■ **Task directions**: The required output is every entry below, copied exactly.

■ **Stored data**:
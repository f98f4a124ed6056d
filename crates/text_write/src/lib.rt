// The writer of grammar text: any t, n, table and lent names to the text or to its length alone, or to the first refusal.
// All is checked before a byte is written, so a refusal leaves the output as it was.

#![tactic(auto)]

mod lent;
mod lines;
mod put;
mod size;

ghost use Rattle.grammar.specs.Table.{decode};
ghost use Rattle.text.specs.Promise.{WritesText, LengthAnswer};
ghost use Rattle.text.specs.Spelled.{spelled};
ghost use Rattle.text_write.specs.Clauses.{Checked, Ready, NamedAnswer};

use grammar::{Cause, TableVerdict};
pub use put::{put_byte, put_bytes, put_name};
pub use size::symbol;
use text::{TextLength, TextWritten};

// 18, then the length of the text, for a checked table and well-formed names.
fn named_length(
    t: usize,
    table: &[u16],
    bytes: &[u8],
    starts: &[u32],
    lengths: &[u32],
) -> TextLength
    requires { Ready t table.now bytes.now starts.now lengths.now }
    ensures { NamedAnswer t (spelled bytes.now starts.now lengths.now)
        (decode table.now) result }
{
    let m = starts.len();
    let double = lent::first_double(bytes, starts, lengths);
    if double < m {
        return TextLength::Refused(Cause::NameRepeated, double);
    }
    TextLength::Bytes(size::text_length(table, t, lengths))
}

// 16, then 18 and the length, for a checked table.
fn checked_length(
    t: usize,
    n: usize,
    table: &[u16],
    bytes: &[u8],
    starts: &[u32],
    lengths: &[u32],
) -> TextLength
    requires { Checked t n table.now }
    ensures { LengthAnswer t n table.now bytes.now starts.now lengths.now result }
{
    let m = t + n;
    let bad = lent::first_bad(m, bytes, starts, lengths);
    if bad < m {
        return TextLength::Refused(Cause::Malformed, bad);
    }
    named_length(t, table, bytes, &starts[..m], &lengths[..m])
}

// How many bytes the writer would write, from what it would be given. No text is made.
pub fn written_length(
    t: usize,
    n: usize,
    table: &[u16],
    bytes: &[u8],
    starts: &[u32],
    lengths: &[u32],
) -> TextLength
    ensures { LengthAnswer t n table.now bytes.now starts.now lengths.now result }
{
    let checked = table_check::check_table(t, n, table);
    let verdict = checked.verdict;
    match verdict {
        TableVerdict::Refused(cause, at) => TextLength::Refused(cause, at),
        TableVerdict::Passed => checked_length(t, n, table, bytes, starts, lengths),
    }
}

// The writer: the name of symbol i, terminals first, is the part of `bytes` that starts at `starts[i]` and has `lengths[i]` bytes.
// The length is known before a byte is written: 14 where the output is shorter.
pub fn write_text(
    t: usize,
    n: usize,
    table: &[u16],
    bytes: &[u8],
    starts: &[u32],
    lengths: &[u32],
    out: &mut [u8],
) -> TextWritten
    ensures { WritesText t n table.now bytes.now starts.now lengths.now
        out.old result out.new }
{
    let told = written_length(t, n, table, bytes, starts, lengths);
    match told {
        TextLength::Refused(cause, at) => TextWritten::Refused(cause, at),
        TextLength::Bytes(size) => {
            if out.len() < size {
                return TextWritten::Refused(Cause::BufferTooShort, 0);
            }
            let m = t + n;
            let end = lines::put_text(out, table, t, bytes, &starts[..m], &lengths[..m]);
            TextWritten::Written(end)
        }
    }
}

■ **Solution to this problem**:
repository f98f4a124ed6056d
filename crates/text_write/src/lib.rt
// The writer of grammar text: any t, n, table and lent names to the text or to its length alone, or to the first refusal.
// All is checked before a byte is written, so a refusal leaves the output as it was.

#![tactic(auto)]

mod lent;
mod lines;
mod put;
mod size;

ghost use Rattle.grammar.specs.Table.{decode};
ghost use Rattle.text.specs.Promise.{WritesText, LengthAnswer};
ghost use Rattle.text.specs.Spelled.{spelled};
ghost use Rattle.text_write.specs.Clauses.{Checked, Ready, NamedAnswer};

use grammar::{Cause, TableVerdict};
pub use put::{put_byte, put_bytes, put_name};
pub use size::symbol;
use text::{TextLength, TextWritten};

// 18, then the length of the text, for a checked table and well-formed names.
fn named_length(
    t: usize,
    table: &[u16],
    bytes: &[u8],
    starts: &[u32],
    lengths: &[u32],
) -> TextLength
    requires { Ready t table.now bytes.now starts.now lengths.now }
    ensures { NamedAnswer t (spelled bytes.now starts.now lengths.now)
        (decode table.now) result }
{
    let m = starts.len();
    let double = lent::first_double(bytes, starts, lengths);
    if double < m {
        return TextLength::Refused(Cause::NameRepeated, double);
    }
    TextLength::Bytes(size::text_length(table, t, lengths))
}

// 16, then 18 and the length, for a checked table.
fn checked_length(
    t: usize,
    n: usize,
    table: &[u16],
    bytes: &[u8],
    starts: &[u32],
    lengths: &[u32],
) -> TextLength
    requires { Checked t n table.now }
    ensures { LengthAnswer t n table.now bytes.now starts.now lengths.now result }
{
    let m = t + n;
    let bad = lent::first_bad(m, bytes, starts, lengths);
    if bad < m {
        return TextLength::Refused(Cause::Malformed, bad);
    }
    named_length(t, table, bytes, &starts[..m], &lengths[..m])
}

// How many bytes the writer would write, from what it would be given. No text is made.
pub fn written_length(
    t: usize,
    n: usize,
    table: &[u16],
    bytes: &[u8],
    starts: &[u32],
    lengths: &[u32],
) -> TextLength
    ensures { LengthAnswer t n table.now bytes.now starts.now lengths.now result }
{
    let checked = table_check::check_table(t, n, table);
    let verdict = checked.verdict;
    match verdict {
        TableVerdict::Refused(cause, at) => TextLength::Refused(cause, at),
        TableVerdict::Passed => checked_length(t, n, table, bytes, starts, lengths),
    }
}

// The writer: the name of symbol i, terminals first, is the part of `bytes` that starts at `starts[i]` and has `lengths[i]` bytes.
// The length is known before a byte is written: 14 where the output is shorter.
pub fn write_text(
    t: usize,
    n: usize,
    table: &[u16],
    bytes: &[u8],
    starts: &[u32],
    lengths: &[u32],
    out: &mut [u8],
) -> TextWritten
    ensures { WritesText t n table.now bytes.now starts.now lengths.now
        out.old result out.new }
{
    let told = written_length(t, n, table, bytes, starts, lengths);
    match told {
        TextLength::Refused(cause, at) => TextWritten::Refused(cause, at),
        TextLength::Bytes(size) => {
            if out.len() < size {
                return TextWritten::Refused(Cause::BufferTooShort, 0);
            }
            let m = t + n;
            let end = lines::put_text(out, table, t, bytes, &starts[..m], &lengths[..m]);
            TextWritten::Written(end)
        }
    }
}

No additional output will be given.